*Work order*.
Lines from the entries below that hold "each" form the answer; copy all of them.

(Stored data)
====================

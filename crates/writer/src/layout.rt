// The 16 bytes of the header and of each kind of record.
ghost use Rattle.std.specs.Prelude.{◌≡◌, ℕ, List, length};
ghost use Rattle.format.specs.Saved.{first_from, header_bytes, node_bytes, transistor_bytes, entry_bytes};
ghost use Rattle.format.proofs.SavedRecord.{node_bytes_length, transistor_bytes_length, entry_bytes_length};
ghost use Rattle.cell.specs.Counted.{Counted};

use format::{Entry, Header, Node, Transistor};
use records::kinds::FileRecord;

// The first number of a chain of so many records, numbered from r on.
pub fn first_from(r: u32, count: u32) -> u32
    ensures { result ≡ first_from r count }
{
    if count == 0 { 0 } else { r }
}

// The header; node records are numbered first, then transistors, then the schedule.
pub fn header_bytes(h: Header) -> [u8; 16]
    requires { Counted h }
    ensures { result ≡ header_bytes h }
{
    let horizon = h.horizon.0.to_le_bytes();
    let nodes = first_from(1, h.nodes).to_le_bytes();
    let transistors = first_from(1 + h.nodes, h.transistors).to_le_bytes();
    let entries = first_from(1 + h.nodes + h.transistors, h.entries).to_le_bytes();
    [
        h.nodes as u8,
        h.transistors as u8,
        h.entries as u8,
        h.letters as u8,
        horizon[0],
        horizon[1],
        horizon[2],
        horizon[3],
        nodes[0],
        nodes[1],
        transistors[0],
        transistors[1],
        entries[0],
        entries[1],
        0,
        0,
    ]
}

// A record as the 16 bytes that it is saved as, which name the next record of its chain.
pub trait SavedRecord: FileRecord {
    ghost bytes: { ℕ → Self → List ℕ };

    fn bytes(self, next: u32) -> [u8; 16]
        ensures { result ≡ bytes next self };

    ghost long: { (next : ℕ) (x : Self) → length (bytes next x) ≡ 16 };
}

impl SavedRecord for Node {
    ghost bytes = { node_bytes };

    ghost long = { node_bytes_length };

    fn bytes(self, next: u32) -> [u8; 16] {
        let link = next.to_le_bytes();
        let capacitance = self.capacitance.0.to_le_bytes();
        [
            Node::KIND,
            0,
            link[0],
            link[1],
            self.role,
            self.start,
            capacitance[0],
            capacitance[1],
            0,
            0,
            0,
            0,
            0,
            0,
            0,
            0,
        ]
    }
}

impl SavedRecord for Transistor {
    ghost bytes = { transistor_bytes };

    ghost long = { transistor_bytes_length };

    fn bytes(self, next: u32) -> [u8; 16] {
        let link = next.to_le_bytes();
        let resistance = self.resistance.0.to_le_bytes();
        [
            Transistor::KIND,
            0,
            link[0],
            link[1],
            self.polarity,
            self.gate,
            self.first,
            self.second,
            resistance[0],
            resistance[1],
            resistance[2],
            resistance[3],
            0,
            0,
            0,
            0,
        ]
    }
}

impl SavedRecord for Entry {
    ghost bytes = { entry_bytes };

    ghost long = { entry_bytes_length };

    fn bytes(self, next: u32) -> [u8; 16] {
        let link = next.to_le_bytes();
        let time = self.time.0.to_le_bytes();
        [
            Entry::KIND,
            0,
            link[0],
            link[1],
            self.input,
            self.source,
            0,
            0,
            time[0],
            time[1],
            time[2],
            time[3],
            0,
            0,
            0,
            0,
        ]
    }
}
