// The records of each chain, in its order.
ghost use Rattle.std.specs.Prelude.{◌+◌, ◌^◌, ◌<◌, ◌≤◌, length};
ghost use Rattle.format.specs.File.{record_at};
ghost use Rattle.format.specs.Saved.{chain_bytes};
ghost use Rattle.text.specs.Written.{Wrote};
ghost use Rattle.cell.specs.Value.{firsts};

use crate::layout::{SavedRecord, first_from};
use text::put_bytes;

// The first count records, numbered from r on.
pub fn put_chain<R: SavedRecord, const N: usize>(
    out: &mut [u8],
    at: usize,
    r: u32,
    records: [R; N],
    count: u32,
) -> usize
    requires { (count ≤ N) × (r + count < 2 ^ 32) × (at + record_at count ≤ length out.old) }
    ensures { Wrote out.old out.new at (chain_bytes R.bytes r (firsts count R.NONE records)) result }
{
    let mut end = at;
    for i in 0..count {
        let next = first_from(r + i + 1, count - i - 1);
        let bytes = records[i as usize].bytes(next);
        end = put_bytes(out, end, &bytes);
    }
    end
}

====================

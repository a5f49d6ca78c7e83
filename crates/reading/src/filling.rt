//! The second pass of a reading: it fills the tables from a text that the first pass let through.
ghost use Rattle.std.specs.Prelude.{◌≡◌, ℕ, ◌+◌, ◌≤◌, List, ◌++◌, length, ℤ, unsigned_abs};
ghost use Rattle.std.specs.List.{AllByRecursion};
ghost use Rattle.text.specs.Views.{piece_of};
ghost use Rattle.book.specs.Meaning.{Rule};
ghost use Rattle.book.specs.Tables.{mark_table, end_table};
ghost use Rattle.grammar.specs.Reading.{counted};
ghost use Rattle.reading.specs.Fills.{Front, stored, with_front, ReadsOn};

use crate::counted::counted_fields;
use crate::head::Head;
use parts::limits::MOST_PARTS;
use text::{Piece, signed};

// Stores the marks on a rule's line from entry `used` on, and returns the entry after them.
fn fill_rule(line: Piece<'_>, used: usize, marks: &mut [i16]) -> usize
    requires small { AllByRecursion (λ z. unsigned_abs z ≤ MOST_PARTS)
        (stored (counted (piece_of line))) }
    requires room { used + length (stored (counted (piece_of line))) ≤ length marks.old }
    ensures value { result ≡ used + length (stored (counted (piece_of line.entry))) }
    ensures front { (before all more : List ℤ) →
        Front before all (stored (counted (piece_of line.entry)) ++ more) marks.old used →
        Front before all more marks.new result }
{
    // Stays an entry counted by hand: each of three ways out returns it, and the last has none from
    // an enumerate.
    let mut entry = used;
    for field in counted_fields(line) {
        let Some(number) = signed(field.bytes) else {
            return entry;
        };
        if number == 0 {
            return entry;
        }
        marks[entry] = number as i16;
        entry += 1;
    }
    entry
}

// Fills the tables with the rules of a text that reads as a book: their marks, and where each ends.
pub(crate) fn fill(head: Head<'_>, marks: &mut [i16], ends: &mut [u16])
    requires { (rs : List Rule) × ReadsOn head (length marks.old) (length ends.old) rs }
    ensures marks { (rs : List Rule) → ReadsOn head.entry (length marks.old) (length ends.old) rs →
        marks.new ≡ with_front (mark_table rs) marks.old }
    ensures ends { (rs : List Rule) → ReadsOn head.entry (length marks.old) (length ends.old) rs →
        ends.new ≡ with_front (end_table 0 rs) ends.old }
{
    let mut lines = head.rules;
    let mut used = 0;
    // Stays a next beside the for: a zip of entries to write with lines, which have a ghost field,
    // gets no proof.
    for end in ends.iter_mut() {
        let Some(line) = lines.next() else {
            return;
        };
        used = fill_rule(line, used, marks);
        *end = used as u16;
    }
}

====================

*Answer space*.
// The 16 bytes of the header and of each kind of record.
// The records of each chain, in its order.
    // Stays an entry counted by hand: each of three ways out returns it, and the last has none from
// Fills the tables with the rules of a text that reads as a book: their marks, and where each ends.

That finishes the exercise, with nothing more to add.